China has neither the entrepreneurial nimbleness of America nor the capable public finance systems of Western Europe, but it is putting a lot of money into digital dominance. The question is whether this will be enough.

The EU’s managed to slide past Russia and a few other global players to secure the third-place slot thanks to Western Europe’s tortoise strategy (where the US is the hare). Gill predicts that the skyrocketing income-gap in the US could widen, thus making it more difficult for US innovation to continue. Europe’s greatest strength, as far as the AI race is concerned, appears to be having a better existing infrastructure and taxation system in place. The argument here is that the EU could slide to the forefront by sheer virtue of steady, measured growth.

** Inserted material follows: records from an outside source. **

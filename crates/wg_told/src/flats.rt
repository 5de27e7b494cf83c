//! What a caller in C asks with: flat structs of numbers, as the header has them.

#[repr(C)]
#[derive(Clone, Copy)]
pub struct FlatLimit {
    pub name: u32,
    pub value: u64,
}

#[repr(C)]
#[derive(Clone, Copy)]
pub struct FlatExtent {
    pub width: u32,
    pub height: u32,
    pub depth: u32,
}

#[repr(C)]
#[derive(Clone, Copy)]
pub struct FlatOrigin {
    pub x: u32,
    pub y: u32,
    pub z: u32,
}

#[repr(C)]
#[derive(Clone, Copy)]
pub struct FlatBuffer {
    pub size: u64,
    pub usage: u32,
    pub mapped: u32,
}

#[repr(C)]
#[derive(Clone, Copy)]
pub struct FlatTexture {
    pub size: FlatExtent,
    pub usage: u32,
    pub format: u32,
    pub dim: u32,
    pub mips: u32,
    pub samples: u32,
}

#[repr(C)]
#[derive(Clone, Copy)]
pub struct FlatView {
    pub mips: u64,
    pub layers: u64,
    pub dim: u32,
    pub aspect: u32,
    pub base_mip: u32,
    pub base_layer: u32,
}

/// A sampler by what describes it. Its levels of detail stand for themselves over 65536.
#[repr(C)]
#[derive(Clone, Copy)]
pub struct FlatSampler {
    pub lod_min: u64,
    pub lod_max: u64,
    pub mag_filter: u32,
    pub min_filter: u32,
    pub mipmap_filter: u32,
    pub compare: u32,
    pub max_anisotropy: u32,
}

#[repr(C)]
#[derive(Clone, Copy)]
pub struct FlatBinding {
    pub min_size: u64,
    pub kind: u32,
    pub dynamic: u32,
    pub sampler: u32,
    pub sample: u32,
    pub dim: u32,
    pub multi: u32,
    pub access: u32,
    pub format: u32,
}

#[repr(C)]
#[derive(Clone, Copy)]
pub struct FlatLayoutEntry {
    pub binding: u32,
    pub visibility: u32,
    pub holds: FlatBinding,
}

#[repr(C)]
#[derive(Clone, Copy)]
pub struct FlatIfaceEntry {
    pub group: u32,
    pub binding: u32,
    pub stage: u32,
    pub holds: FlatBinding,
}

#[repr(C)]
#[derive(Clone, Copy)]
pub struct FlatGroupEntry {
    pub object: u64,
    pub offset: u64,
    pub size: u64,
    pub binding: u32,
    pub bound: u32,
}

#[repr(C)]
#[derive(Clone, Copy)]
pub struct FlatVertexBuffer {
    pub stride: u32,
    pub step: u32,
}

/// An attribute of the vertex buffer that has the index `buffer` in its list.
#[repr(C)]
#[derive(Clone, Copy)]
pub struct FlatAttribute {
    pub buffer: u32,
    pub format: u32,
    pub offset: u32,
    pub location: u32,
}

#[repr(C)]
#[derive(Clone, Copy)]
pub struct FlatBlend {
    pub operation: u32,
    pub src_factor: u32,
    pub dst_factor: u32,
}

/// A color target of a render pipeline, whose `color` and `alpha` count where it `blends`.
#[repr(C)]
#[derive(Clone, Copy)]
pub struct FlatTarget {
    pub format: u32,
    pub write_mask: u32,
    pub blends: u32,
    pub color: FlatBlend,
    pub alpha: FlatBlend,
}

#[repr(C)]
#[derive(Clone, Copy)]
pub struct FlatFace {
    pub compare: u32,
    pub fail_op: u32,
    pub depth_fail_op: u32,
    pub pass_op: u32,
}

/// Where `stencil_write` is set, that tells of the stencil alone; else its mask and its faces do.
#[repr(C)]
#[derive(Clone, Copy)]
pub struct FlatRender {
    pub layout: u64,
    pub samples: u32,
    pub depth_format: u32,
    pub depth_write: u32,
    pub stencil_write: u32,
    pub depth_compare: u32,
    pub biased: u32,
    pub stencil_write_mask: u32,
    pub stencil_front: FlatFace,
    pub stencil_back: FlatFace,
    pub topology: u32,
    pub strip_index_format: u32,
    pub cull_mode: u32,
    pub alpha_to_coverage: u32,
}

#[repr(C)]
#[derive(Clone, Copy)]
pub struct FlatBundle {
    pub samples: u32,
    pub depth_format: u32,
    pub depth_read_only: u32,
    pub stencil_read_only: u32,
}

#[repr(C)]
#[derive(Clone, Copy)]
pub struct FlatColor {
    pub view: u64,
    pub depth_slice: u64,
    pub resolve: u64,
    pub load: u32,
    pub store: u32,
}

#[repr(C)]
#[derive(Clone, Copy)]
pub struct FlatDepth {
    pub view: u64,
    pub depth_load: u32,
    pub depth_store: u32,
    pub depth_read_only: u32,
    pub stencil_load: u32,
    pub stencil_store: u32,
    pub stencil_read_only: u32,
    pub depth_clear: u64,
}

/// A viewport, each number of which stands for itself over 65536.
#[repr(C)]
#[derive(Clone, Copy)]
pub struct FlatViewport {
    pub x: u64,
    pub y: u64,
    pub width: u64,
    pub height: u64,
    pub min_depth: u64,
    pub max_depth: u64,
    pub left: u32,
    pub above: u32,
}

#[repr(C)]
#[derive(Clone, Copy)]
pub struct FlatTexelLayout {
    pub offset: u64,
    pub bytes_per_row: u64,
    pub rows_per_image: u64,
}

#[repr(C)]
#[derive(Clone, Copy)]
pub struct FlatSpot {
    pub texture: u64,
    pub origin: FlatOrigin,
    pub mip: u32,
    pub aspect: u32,
}

#[repr(C)]
#[derive(Clone, Copy)]
pub struct FlatBufferCopy {
    pub source: u64,
    pub source_offset: u64,
    pub target: u64,
    pub target_offset: u64,
    pub size: u64,
}

/// A copy between a buffer and a texture, in either direction.
#[repr(C)]
#[derive(Clone, Copy)]
pub struct FlatTexelCopy {
    pub buffer: u64,
    pub layout: FlatTexelLayout,
    pub spot: FlatSpot,
    pub size: FlatExtent,
}

#[repr(C)]
#[derive(Clone, Copy)]
pub struct FlatTextureCopy {
    pub source: u64,
    pub target: u64,
    pub source_origin: FlatOrigin,
    pub target_origin: FlatOrigin,
    pub source_mip: u32,
    pub target_mip: u32,
    pub size: FlatExtent,
}

#[repr(C)]
#[derive(Clone, Copy)]
pub struct FlatTextureWrite {
    pub layout: FlatTexelLayout,
    pub spot: FlatSpot,
    pub size: FlatExtent,
    pub data_size: u64,
}
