//! Which commands the arguments of the header stand for, over the numbers of objects. Each answers none where
//! a value is out of its range, so that the arguments stand for no command.
ghost use Rattle.std.specs.Prelude.{◌≡◌, IfOk};
ghost use Rattle.wg_types.specs.declared.commands.CommandOf.TheVariants as command;
ghost use Rattle.wg_told.specs.Asked as asked;
ghost use Rattle.wg_told.specs.Tables.{wide_of};

use crate::flats::{
    FlatBufferCopy, FlatColor, FlatDepth, FlatTexelCopy, FlatTextureCopy, FlatViewport,
};
use crate::meaning::{
    Colors, depth_target_of, every, extent_of, layout_of, origin_of, spot_of, viewport_of,
};
use crate::requests::objects;
use crate::tables::{INDEX_FORMATS, nth, wide_of};
use std::alloc::Global;
use wg_types::NoMemory;
use wg_types::commands::CommandOf;
use wg_types::items::Items;
use wg_types::render::RenderBeginOf;
use wg_types::shared::Shared;

pub fn begin_render_pass(
    alloc: Global,
    colors: &[FlatColor],
    depth: &FlatDepth,
    queries: u64,
    max_draws: u64,
) -> Result<Option<CommandOf<u64>>, NoMemory>
    ensures { IfOk result (λ made. made ≡ asked.begin_render_pass colors.now depth.now queries max_draws) }
{
    let Some(depth) = depth_target_of(depth) else {
        return Ok(None);
    };
    let Some(colors) = every(alloc, &Colors, colors)? else {
        return Ok(None);
    };
    let begin = RenderBeginOf {
        colors,
        depth,
        queries: wide_of(queries),
        max_draws: wide_of(max_draws),
    };
    Ok(Some(CommandOf::BeginRenderPass { begin }))
}

pub fn copy_buffer_to_buffer(copy: &FlatBufferCopy) -> CommandOf<u64>
    ensures { result ≡ asked.copy_buffer_to_buffer copy.now }
{
    CommandOf::CopyBufferToBuffer {
        source: copy.source,
        source_offset: copy.source_offset,
        target: copy.target,
        target_offset: copy.target_offset,
        size: copy.size,
    }
}

pub fn copy_buffer_to_texture(copy: &FlatTexelCopy) -> Option<CommandOf<u64>>
    ensures { result ≡ asked.copy_buffer_to_texture copy.now }
{
    let layout = layout_of(&copy.layout)?;
    let spot = spot_of(&copy.spot)?;
    Some(CommandOf::CopyBufferToTexture {
        buffer: copy.buffer,
        layout,
        texture: copy.spot.texture,
        spot,
        size: extent_of(copy.size),
    })
}

pub fn copy_texture_to_buffer(copy: &FlatTexelCopy) -> Option<CommandOf<u64>>
    ensures { result ≡ asked.copy_texture_to_buffer copy.now }
{
    let layout = layout_of(&copy.layout)?;
    let spot = spot_of(&copy.spot)?;
    Some(CommandOf::CopyTextureToBuffer {
        buffer: copy.buffer,
        layout,
        texture: copy.spot.texture,
        spot,
        size: extent_of(copy.size),
    })
}

pub fn copy_texture_to_texture(copy: &FlatTextureCopy) -> CommandOf<u64>
    ensures { result ≡ asked.copy_texture_to_texture copy.now }
{
    CommandOf::CopyTextureToTexture {
        source: copy.source,
        source_mip: copy.source_mip,
        source_origin: origin_of(copy.source_origin),
        target: copy.target,
        target_mip: copy.target_mip,
        target_origin: origin_of(copy.target_origin),
        size: extent_of(copy.size),
    }
}

pub fn set_bind_group(
    alloc: Global,
    index: u32,
    group: u64,
    offsets: &[u32],
) -> Result<CommandOf<u64>, NoMemory>
    ensures { IfOk result (λ made. made ≡ command.SetBindGroup index (wide_of group) offsets.now) }
{
    let offsets = Shared::new(alloc, Items::from_vec(offsets.to_vec(alloc)?))?;
    Ok(CommandOf::SetBindGroup {
        index,
        group: wide_of(group),
        offsets,
    })
}

pub fn set_index_buffer(buffer: u64, format: u32, offset: u64, size: u64) -> Option<CommandOf<u64>>
    ensures { result ≡ asked.set_index_buffer buffer format offset size }
{
    let format = nth(&INDEX_FORMATS, format)?;
    Some(CommandOf::SetIndexBuffer {
        buffer,
        format,
        offset,
        size: wide_of(size),
    })
}

pub fn set_viewport(viewport: &FlatViewport) -> Option<CommandOf<u64>>
    ensures { result ≡ asked.set_viewport viewport.now }
{
    let viewport = viewport_of(viewport)?;
    Some(CommandOf::SetViewport { viewport })
}

pub fn execute_bundles(alloc: Global, bundles: &[u64]) -> Result<CommandOf<u64>, NoMemory>
    ensures { IfOk result (λ made. made ≡ command.ExecuteBundles bundles.now) }
{
    Ok(CommandOf::ExecuteBundles {
        bundles: objects(alloc, bundles)?,
    })
}
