//! Which calls the arguments of the header stand for, over the numbers of objects. Each answers none where a
//! value is out of its range, so that the arguments stand for no call.
ghost use Rattle.std.specs.Prelude.{◌≡◌, IfOk, map};
ghost use Rattle.wg_types.specs.declared.requests.RequestOf.TheVariants as request;
ghost use Rattle.wg_told.specs.Asked as asked;
ghost use Rattle.wg_told.specs.Tables.{wide_of};

use crate::fixed::{Targets, depth_of, primitive_of, sampler_of};
use crate::flats::{
    FlatAttribute, FlatBuffer, FlatBundle, FlatGroupEntry, FlatIfaceEntry, FlatLayoutEntry,
    FlatRender, FlatSampler, FlatTarget, FlatTexture, FlatTextureWrite, FlatVertexBuffer, FlatView,
};
use crate::meaning::{
    ComputeUses, Formats, GroupEntries, LayoutEntries, RenderUses, buffer_of, every, extent_of,
    layout_of, spot_of, texture_of, view_of,
};
use crate::tables::{FILTERS, FORMATS, SAMPLER_KINDS, flag_of, maybe_nth, nth, wide_of};
use crate::vertices::vertex_buffers_of;
use std::alloc::Global;
use wg_types::NoMemory;
use wg_types::groups::Interface;
use wg_types::items::Items;
use wg_types::render::{RenderDesc, TargetInfo};
use wg_types::requests::RequestOf;
use wg_types::samplers::SamplerDesc;
use wg_types::shared::Shared;

pub fn create_buffer(buffer: &FlatBuffer) -> Option<RequestOf<u64>>
    ensures { result ≡ asked.create_buffer buffer.now }
{
    let info = buffer_of(buffer)?;
    Some(RequestOf::CreateBuffer { info })
}

pub fn create_texture(texture: &FlatTexture) -> Option<RequestOf<u64>>
    ensures { result ≡ asked.create_texture texture.now }
{
    let info = texture_of(texture)?;
    Some(RequestOf::CreateTexture { info })
}

pub fn create_view(texture: u64, view: &FlatView) -> Option<RequestOf<u64>>
    ensures { result ≡ asked.create_view texture view.now }
{
    let asked = view_of(view)?;
    Some(RequestOf::CreateView { texture, asked })
}

pub fn create_sampler(kind: u32) -> Option<RequestOf<u64>>
    ensures { result ≡ asked.create_sampler kind }
{
    let kind = nth(&SAMPLER_KINDS, kind)?;
    Some(RequestOf::CreateSampler {
        desc: SamplerDesc::Kind(kind),
    })
}

pub fn create_described_sampler(sampler: &FlatSampler) -> Option<RequestOf<u64>>
    ensures { result ≡ asked.create_described_sampler sampler.now }
{
    let fields = sampler_of(sampler)?;
    Some(RequestOf::CreateSampler {
        desc: SamplerDesc::Full(fields),
    })
}

pub fn create_bind_group_layout(
    alloc: Global,
    entries: &[FlatLayoutEntry],
) -> Result<Option<RequestOf<u64>>, NoMemory>
    ensures { IfOk result (λ made. made ≡ asked.create_bind_group_layout entries.now) }
{
    let Some(entries) = every(alloc, &LayoutEntries, entries)? else {
        return Ok(None);
    };
    let entries = Shared::new(alloc, entries)?;
    Ok(Some(RequestOf::CreateBindGroupLayout { entries }))
}

/// The objects of a list, by number.
pub fn objects(alloc: Global, numbers: &[u64]) -> Result<Items<u64>, NoMemory>
    ensures { IfOk result (λ made. made ≡ numbers.now) }
{
    Ok(Items::from_vec(numbers.to_vec(alloc)?))
}

/// The objects of a list, by number, of which each may be left out.
fn maybe_objects(alloc: Global, numbers: &[u64]) -> Result<Items<Option<u64>>, NoMemory>
    ensures { IfOk result (λ made. made ≡ map wide_of numbers.now) }
{
    let mut found = Items::new(alloc);
    for number in numbers {
        found.push(wide_of(*number))?;
    }
    Ok(found)
}

pub fn create_pipeline_layout(alloc: Global, layouts: &[u64]) -> Result<RequestOf<u64>, NoMemory>
    ensures { IfOk result (λ made. made ≡ request.CreatePipelineLayout (map wide_of layouts.now)) }
{
    Ok(RequestOf::CreatePipelineLayout {
        layouts: maybe_objects(alloc, layouts)?,
    })
}

pub fn create_bind_group(
    alloc: Global,
    layout: u64,
    entries: &[FlatGroupEntry],
) -> Result<Option<RequestOf<u64>>, NoMemory>
    ensures { IfOk result (λ made. made ≡ asked.create_bind_group layout entries.now) }
{
    let Some(entries) = every(alloc, &GroupEntries, entries)? else {
        return Ok(None);
    };
    Ok(Some(RequestOf::CreateBindGroup { layout, entries }))
}

pub fn create_compute_pipeline(
    alloc: Global,
    layout: u64,
    iface: &[FlatIfaceEntry],
) -> Result<Option<RequestOf<u64>>, NoMemory>
    ensures { IfOk result (λ made. made ≡ asked.create_compute_pipeline layout iface.now) }
{
    let Some(entries) = every(alloc, &ComputeUses, iface)? else {
        return Ok(None);
    };
    let iface = Shared::new(alloc, Interface { entries })?;
    Ok(Some(RequestOf::CreateComputePipeline {
        layout: wide_of(layout),
        iface,
    }))
}

pub fn create_render_pipeline(
    alloc: Global,
    render: &FlatRender,
    iface: &[FlatIfaceEntry],
    buffers: &[FlatVertexBuffer],
    attributes: &[FlatAttribute],
    targets: &[FlatTarget],
) -> Result<Option<RequestOf<u64>>, NoMemory>
    ensures { IfOk result (λ made. made ≡ asked.create_render_pipeline render.now iface.now buffers.now attributes.now targets.now) }
{
    let Some(primitive) = primitive_of(render) else {
        return Ok(None);
    };
    let Some(depth) = depth_of(render) else {
        return Ok(None);
    };
    let Some(alpha_to_coverage) = flag_of(render.alpha_to_coverage) else {
        return Ok(None);
    };
    let Some(iface) = every(alloc, &RenderUses, iface)? else {
        return Ok(None);
    };
    let Some(buffers) = vertex_buffers_of(alloc, buffers, attributes)? else {
        return Ok(None);
    };
    let Some(targets) = every(alloc, &Targets, targets)? else {
        return Ok(None);
    };
    let desc = RenderDesc {
        iface,
        buffers,
        targets,
        primitive,
        depth,
        samples: render.samples,
        alpha_to_coverage,
    };
    let desc = Shared::new(alloc, desc)?;
    Ok(Some(RequestOf::CreateRenderPipeline {
        layout: wide_of(render.layout),
        desc,
    }))
}

pub fn create_bundle_encoder(
    alloc: Global,
    bundle: &FlatBundle,
    colors: &[u32],
) -> Result<Option<RequestOf<u64>>, NoMemory>
    ensures { IfOk result (λ made. made ≡ asked.create_bundle_encoder bundle.now colors.now) }
{
    let Some(depth) = maybe_nth(&FORMATS, bundle.depth_format) else {
        return Ok(None);
    };
    let Some(depth_read_only) = flag_of(bundle.depth_read_only) else {
        return Ok(None);
    };
    let Some(stencil_read_only) = flag_of(bundle.stencil_read_only) else {
        return Ok(None);
    };
    let Some(colors) = every(alloc, &Formats, colors)? else {
        return Ok(None);
    };
    let targets = TargetInfo {
        colors,
        depth,
        samples: bundle.samples,
        depth_read_only,
        stencil_read_only,
    };
    let targets = Shared::new(alloc, targets)?;
    Ok(Some(RequestOf::CreateBundleEncoder { targets }))
}

pub fn submit(alloc: Global, buffers: &[u64]) -> Result<RequestOf<u64>, NoMemory>
    ensures { IfOk result (λ made. made ≡ request.Submit buffers.now) }
{
    Ok(RequestOf::Submit {
        buffers: objects(alloc, buffers)?,
    })
}

pub fn write_texture(write: &FlatTextureWrite) -> Option<RequestOf<u64>>
    ensures { result ≡ asked.write_texture write.now }
{
    let layout = layout_of(&write.layout)?;
    let spot = spot_of(&write.spot)?;
    Some(RequestOf::WriteTexture {
        texture: write.spot.texture,
        spot,
        layout,
        size: extent_of(write.size),
        data_size: write.data_size,
    })
}

pub fn push_error_scope(filter: u32) -> Option<RequestOf<u64>>
    ensures { result ≡ asked.push_error_scope filter }
{
    let filter = nth(&FILTERS, filter)?;
    Some(RequestOf::PushErrorScope { filter })
}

And then there’s the current front runner and predicted winner: The US. Silicon Valley and a fistful of trillion-dollar companies have the US poised to claim AI supremacy by 2030 and it’s hard to imagine a scenario where the competition overtakes it.

Basically, Gill says the race is the US’s to lose:

Perhaps we should look instead at the willingness of economies to remedy their shortcomings. China has to find ways to encourage entrepreneurship and address the massive disparities in education and wealth. Europe has to mobilize large amounts of money and make it easier for investors anywhere to bring inventions to the Single Market. The United States just has to quickly figure out ways to restore competition in tech, finance, health, and public education, so its redistribution systems are not strained.